To do:
Retype each entry. Leave every word as it is.

Stored data entries:
ghost use Rattle.std.specs.Prelude.{◌≡◌, ◌++◌, ◌≤◌, ℕ, List, IfOk, OnOk, IsTrue, ◌↔◌};
ghost use Rattle.std.specs.Prelude.{option_map, drop, length};
ghost use Rattle.std.specs.Ordering.{nat_cmp};
ghost use Rattle.std.specs.Cmp.Lexicographic.{slice_cmp};
ghost use Rattle.std.specs.declared.cmp.Ordering.TheVariants.{Less};
ghost use Rattle.base_types.specs.Meaning.{fields_of};
ghost use Rattle.base_types.specs.Names.{AreSorted};
ghost use Rattle.merge_patch.specs.Merging.{object_of, merged, merged_fields, changed};
ghost use Rattle.merge_patch.specs.Walking.{AllBelow, HasWalkedTo};
ghost use Rattle.merge_patch.specs.Walking.{StartsNotBelow, IsFirstValue, behind};

use base_types::json::{Member, MemberList, Node, Tree, copy};
use base_types::{OutOfMemory, Text};
use std::alloc::Global;

/// The target after a merge patch (RFC 7386, now RFC 7396, section 2). It costs one walk over
/// target and patch.
#[cycle(merge)]
pub fn merge(alloc: Global, target: Option<&Tree>, patch: &Tree) -> Result<Tree, OutOfMemory>
    ensures { IfOk result (λ made. made ≡ merged (option_map (λ t. t.now) target.entry) patch.now) }
{
    match &patch.node {
        Node::Members(changes) => {
            let list = merge_members(alloc, members_of(target), changes)?;
            Ok(Tree {
                node: Node::Members(list),
            })
        }
        _ => copy(alloc, patch),
    }
}

// The members of a target, none where it is no object.
fn members_of<'a>(target: Option<&'a Tree>) -> &'a [Member]
    ensures members { fields_of result.now ≡ object_of (option_map (λ t. t.now) target.entry) }
    ensures sorted { AreSorted result.now }
{
    match target {
        Some(tree) => match &tree.node {
            Node::Members(list) => list.all.as_slice(),
            _ => &[],
        },
        None => &[],
    }
}

// The members after those of a patch. Both stand in order, so one walk over both serves.
#[cycle(merge)]
fn merge_members(
    alloc: Global,
    old: &[Member],
    changes: &MemberList,
) -> Result<MemberList, OutOfMemory>
    requires { AreSorted old.now }
    ensures { IfOk result (λ made. fields_of made ≡ merged_fields (fields_of old.now)
        (fields_of changes.now)) }
{
    let mut all = Vec::new(alloc);
    let mut at = 0;
    for change in &changes.all {
        at = merge_member(alloc, &mut all, old, at, change)?;
    }
    copy_rest(alloc, &mut all, old, at)?;
    Ok(MemberList { all })
}

// One name and value of the patch: the members before it are copied, and its own is put behind
// them. `all` holds the members up to those from `at` on.
#[cycle(merge)]
fn merge_member(
    alloc: Global,
    all: &mut Vec<Member>,
    old: &[Member],
    at: usize,
    change: &Member,
) -> Result<usize, OutOfMemory>
    requires walked { HasWalkedTo at all.old.items old.now }
    requires below { AllBelow change.now.0 all.old.items }
    ensures walked { IfOk result (λ next. HasWalkedTo next all.new.items old.now) }
    ensures merged { IfOk result (λ next. fields_of (all.new.items ++ drop next old.now)
        ≡ changed change.now (fields_of (all.old.items ++ drop at old.now))) }
    ensures below { OnOk result ((name : List ℕ) → slice_cmp nat_cmp change.now.0 name ≡ Less
        → AllBelow name all.new.items) }
{
    let at = copy_below(alloc, all, old, at, &change.name)?;
    let (value, next) = take_named(old, at, &change.name);
    if change.value.is_null() {
        return Ok(next);
    }
    let name = change.name.clone()?;
    let value = merge(alloc, value, &change.value)?;
    all.push(Member { name, value })?;
    Ok(next)
}

// The members from `at` on that stand before a name are copied. The answer is the place of the
// next one.
fn copy_below(
    alloc: Global,
    all: &mut Vec<Member>,
    old: &[Member],
    at: usize,
    name: &Text,
) -> Result<usize, OutOfMemory>
    requires { at ≤ length old.now }
    ensures within { IfOk result (λ next. next ≤ length old.now) }
    ensures kept { IfOk result (λ next. all.new.items ++ drop next old.now
        ≡ all.old.items ++ drop at old.now) }
    ensures below { AllBelow name.now all.old.items → OnOk result
        (AllBelow name.now all.new.items) }
    ensures next { IfOk result (λ next. StartsNotBelow name.now (drop next old.now)) }
{
    let mut next = at;
    while next < old.len() && is_before(&old[next], name) {
        all.push(copy_member(alloc, &old[next])?)?;
        next += 1;
    }
    Ok(next)
}

fn is_before(member: &Member, name: &Text) -> bool
    ensures { IsTrue result ↔ (slice_cmp nat_cmp member.now.0 name.now ≡ Less) }
{
    member.name < *name
}

fn copy_rest(
    alloc: Global,
    all: &mut Vec<Member>,
    old: &[Member],
    at: usize,
) -> Result<(), OutOfMemory>
    requires { at ≤ length old.now }
    ensures { OnOk result (all.new.items ≡ all.old.items ++ drop at old.now) }
{
    for next in at..old.len() {
        all.push(copy_member(alloc, &old[next])?)?;
    }
    Ok(())
}

fn copy_member(alloc: Global, member: &Member) -> Result<Member, OutOfMemory>
    ensures { IfOk result (λ made. made ≡ member.now) }
{
    Ok(Member {
        name: member.name.clone()?,
        value: copy(alloc, &member.value)?,
    })
}

// The value of the member at a place, where it has the name, and the place behind it.
fn take_named<'a>(old: &'a [Member], at: usize, name: &Text) -> (Option<&'a Tree>, usize)
    requires { at ≤ length old.now }
    ensures value { IsFirstValue name.now (drop at old.now) (option_map (λ t. t.now) result.0) }
    ensures within { result.1 ≤ length old.now }
    ensures next { drop result.1 old.now ≡ behind (option_map (λ t. t.now) result.0)
        (drop at old.now) }
{
    if at < old.len() {
        let member = &old[at];
        if member.name == *name {
            return (Some(&member.value), at + 1);
        }
    }
    (None, at)
}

Solution for this exercise:
ghost use Rattle.std.specs.Prelude.{◌≡◌, ◌++◌, ◌≤◌, ℕ, List, IfOk, OnOk, IsTrue, ◌↔◌};
ghost use Rattle.std.specs.Prelude.{option_map, drop, length};
ghost use Rattle.std.specs.Ordering.{nat_cmp};
ghost use Rattle.std.specs.Cmp.Lexicographic.{slice_cmp};
ghost use Rattle.std.specs.declared.cmp.Ordering.TheVariants.{Less};
ghost use Rattle.base_types.specs.Meaning.{fields_of};
ghost use Rattle.base_types.specs.Names.{AreSorted};
ghost use Rattle.merge_patch.specs.Merging.{object_of, merged, merged_fields, changed};
ghost use Rattle.merge_patch.specs.Walking.{AllBelow, HasWalkedTo};
ghost use Rattle.merge_patch.specs.Walking.{StartsNotBelow, IsFirstValue, behind};

use base_types::json::{Member, MemberList, Node, Tree, copy};
use base_types::{OutOfMemory, Text};
use std::alloc::Global;

/// The target after a merge patch (RFC 7386, now RFC 7396, section 2). It costs one walk over
/// target and patch.
#[cycle(merge)]
pub fn merge(alloc: Global, target: Option<&Tree>, patch: &Tree) -> Result<Tree, OutOfMemory>
    ensures { IfOk result (λ made. made ≡ merged (option_map (λ t. t.now) target.entry) patch.now) }
{
    match &patch.node {
        Node::Members(changes) => {
            let list = merge_members(alloc, members_of(target), changes)?;
            Ok(Tree {
                node: Node::Members(list),
            })
        }
        _ => copy(alloc, patch),
    }
}

// The members of a target, none where it is no object.
fn members_of<'a>(target: Option<&'a Tree>) -> &'a [Member]
    ensures members { fields_of result.now ≡ object_of (option_map (λ t. t.now) target.entry) }
    ensures sorted { AreSorted result.now }
{
    match target {
        Some(tree) => match &tree.node {
            Node::Members(list) => list.all.as_slice(),
            _ => &[],
        },
        None => &[],
    }
}

// The members after those of a patch. Both stand in order, so one walk over both serves.
#[cycle(merge)]
fn merge_members(
    alloc: Global,
    old: &[Member],
    changes: &MemberList,
) -> Result<MemberList, OutOfMemory>
    requires { AreSorted old.now }
    ensures { IfOk result (λ made. fields_of made ≡ merged_fields (fields_of old.now)
        (fields_of changes.now)) }
{
    let mut all = Vec::new(alloc);
    let mut at = 0;
    for change in &changes.all {
        at = merge_member(alloc, &mut all, old, at, change)?;
    }
    copy_rest(alloc, &mut all, old, at)?;
    Ok(MemberList { all })
}

// One name and value of the patch: the members before it are copied, and its own is put behind
// them. `all` holds the members up to those from `at` on.
#[cycle(merge)]
fn merge_member(
    alloc: Global,
    all: &mut Vec<Member>,
    old: &[Member],
    at: usize,
    change: &Member,
) -> Result<usize, OutOfMemory>
    requires walked { HasWalkedTo at all.old.items old.now }
    requires below { AllBelow change.now.0 all.old.items }
    ensures walked { IfOk result (λ next. HasWalkedTo next all.new.items old.now) }
    ensures merged { IfOk result (λ next. fields_of (all.new.items ++ drop next old.now)
        ≡ changed change.now (fields_of (all.old.items ++ drop at old.now))) }
    ensures below { OnOk result ((name : List ℕ) → slice_cmp nat_cmp change.now.0 name ≡ Less
        → AllBelow name all.new.items) }
{
    let at = copy_below(alloc, all, old, at, &change.name)?;
    let (value, next) = take_named(old, at, &change.name);
    if change.value.is_null() {
        return Ok(next);
    }
    let name = change.name.clone()?;
    let value = merge(alloc, value, &change.value)?;
    all.push(Member { name, value })?;
    Ok(next)
}

// The members from `at` on that stand before a name are copied. The answer is the place of the
// next one.
fn copy_below(
    alloc: Global,
    all: &mut Vec<Member>,
    old: &[Member],
    at: usize,
    name: &Text,
) -> Result<usize, OutOfMemory>
    requires { at ≤ length old.now }
    ensures within { IfOk result (λ next. next ≤ length old.now) }
    ensures kept { IfOk result (λ next. all.new.items ++ drop next old.now
        ≡ all.old.items ++ drop at old.now) }
    ensures below { AllBelow name.now all.old.items → OnOk result
        (AllBelow name.now all.new.items) }
    ensures next { IfOk result (λ next. StartsNotBelow name.now (drop next old.now)) }
{
    let mut next = at;
    while next < old.len() && is_before(&old[next], name) {
        all.push(copy_member(alloc, &old[next])?)?;
        next += 1;
    }
    Ok(next)
}

fn is_before(member: &Member, name: &Text) -> bool
    ensures { IsTrue result ↔ (slice_cmp nat_cmp member.now.0 name.now ≡ Less) }
{
    member.name < *name
}

fn copy_rest(
    alloc: Global,
    all: &mut Vec<Member>,
    old: &[Member],
    at: usize,
) -> Result<(), OutOfMemory>
    requires { at ≤ length old.now }
    ensures { OnOk result (all.new.items ≡ all.old.items ++ drop at old.now) }
{
    for next in at..old.len() {
        all.push(copy_member(alloc, &old[next])?)?;
    }
    Ok(())
}

fn copy_member(alloc: Global, member: &Member) -> Result<Member, OutOfMemory>
    ensures { IfOk result (λ made. made ≡ member.now) }
{
    Ok(Member {
        name: member.name.clone()?,
        value: copy(alloc, &member.value)?,
    })
}

// The value of the member at a place, where it has the name, and the place behind it.
fn take_named<'a>(old: &'a [Member], at: usize, name: &Text) -> (Option<&'a Tree>, usize)
    requires { at ≤ length old.now }
    ensures value { IsFirstValue name.now (drop at old.now) (option_map (λ t. t.now) result.0) }
    ensures within { result.1 ≤ length old.now }
    ensures next { drop result.1 old.now ≡ behind (option_map (λ t. t.now) result.0)
        (drop at old.now) }
{
    if at < old.len() {
        let member = &old[at];
        if member.name == *name {
            return (Some(&member.value), at + 1);
        }
    }
    (None, at)
}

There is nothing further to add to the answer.